# Enlarging a Rectangle Inside Another

$\vect{I}$ is a generalized rectangle in $\R^n$ with edges of length $l_i$. $\vect{J} \subseteq \vect{I}$ is the main character here. If the edges of $\vect{J}$ is allowed to coincide with those of $\vect{I}$, then the problem is trivial.

How about finding $\vect{J} \subseteq \interior \vect{I}$ such that $\volume \vect{I} - \volume \vect{J} < \varepsilon$?

Goal: Choose a big $L$ that depends on $\vect{I}$ and $\varepsilon$.1

$\begin{split} \volume \vect{J} :=& \prod_{i = 1}^n \left(l_i - \frac{\varepsilon}{L}\right) \\ \volume \vect{I} =& \prod_{i = 1}^n l_i \\ =& \prod_{i = 1}^n \left [\left(l_i - \frac{\varepsilon}{L}\right) + \frac{\varepsilon}{L} \right] \\ =& \left[ \prod_{i = 1}^n \left( l_i - \frac{\varepsilon}{L} \right) \right] + \sum_{i = 1}^n \left( l_i - \frac{\varepsilon}{L} \right) \left( \frac{\varepsilon}{L} \right)^{n - 1} \\ &+ \sum_{i = 2}^{n - 1} \sum_{\left\{ a_j \right\} \in S_i} \left[ \prod_{j = 1}^i \left( l_{a_j} - \frac{\varepsilon}{L} \right) \right] \left( \frac{\varepsilon}{L} \right)^{n - i} + \left( \frac{\varepsilon}{L} \right)^n, \end{split}$

where $S_i$ is a set of $i$ numbers chosen from $\left\{ 1,\dots,n \right\}$, and $\left\{ a_j \right\}$ is an increasing sequence in $S_i$.

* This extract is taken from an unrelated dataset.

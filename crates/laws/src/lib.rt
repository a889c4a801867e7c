// Definitions and laws on lists and numbers, in specs/ and proofs/. Nothing of the project is in them.

#![tactic(auto)]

I assumed that $n > 2$. For $n = 2$, deleting the third term in the last step will do. For $n = 1$, the problem is trivial.

Then

$\begin{split} \volume \vect{I} =& \volume \vect{J} + \sum_{i = 1}^{n - 1} \sum_{\left\{a_j\right\} \in S_i} \left[ \prod_{j = 1}^i \left( l_{a_j} - \frac{\varepsilon}{L} \right) \right] \left( \frac{\varepsilon}{L} \right)^{n - i} + \left( \frac{\varepsilon}{L} \right)^n \\ <& \volume \vect{J} + \sum_{i = 1}^{n - 1} \sum_{\left\{ a_j \right\} \in S_i} \left( \prod_{j = 1}^n l_{a_j} \right) \left( \frac{\varepsilon}{L} \right)^{n - i} + \left( \frac{\varepsilon}{L} \right)^n \\ =& \volume \vect{J} + \sum_{i = 1}^{n - 1} \sum_{\left\{ a_j \right\} \in S_i} \volume \vect{I} \, \left( \frac{\varepsilon}{L} \right)^{n - i} + \left( \frac{\varepsilon}{L} \right)^n \\ =& \volume \vect{J} + \sum_{i = 1}^{n - 1} {n \choose i} \volume \vect{I}\,\left( \frac{\varepsilon}{L} \right)^{n - i} + \left( \frac{\varepsilon}{L} \right)^n \end{split}$

Rearanging the above inequality gives

$\volume \vect{I} - \volume \vect{J} < \sum_{i = 1}^{n - 1} {n \choose i} \volume \vect{I} \, \left( \frac{\varepsilon}{L} \right)^{n - i} + \left( \frac{\varepsilon}{L} \right)^n$

Assume $\varepsilon < 1, L \ge 1$, and let $M := \max\limits_{1 \le i \le n - 1} {n \choose i}$.

Then we have

$\begin{split} \volume \vect{I} - \volume \vect{J} <& \left( \frac{\varepsilon}{L} \right)^n + \sum_{i = 1}^{n - 1} {n \choose i} \volume \vect{I} \, \left( \frac{\varepsilon}{L} \right)^{n - i} \\ =& \frac{\varepsilon}{L} + M (n - 1) \volume \vect{I} \,\frac{\varepsilon}{L} \\ =& [1 + M (n - 1) \volume \vect{I}] \,\frac{\varepsilon}{L} \end{split}$

Hence, if $L \ge 1 + M (n - 1) \volume \vect{I}$, then $\volume \vect{I} - \volume \vect{J} < \varepsilon$.

1. $L$ is used to connote “large number”.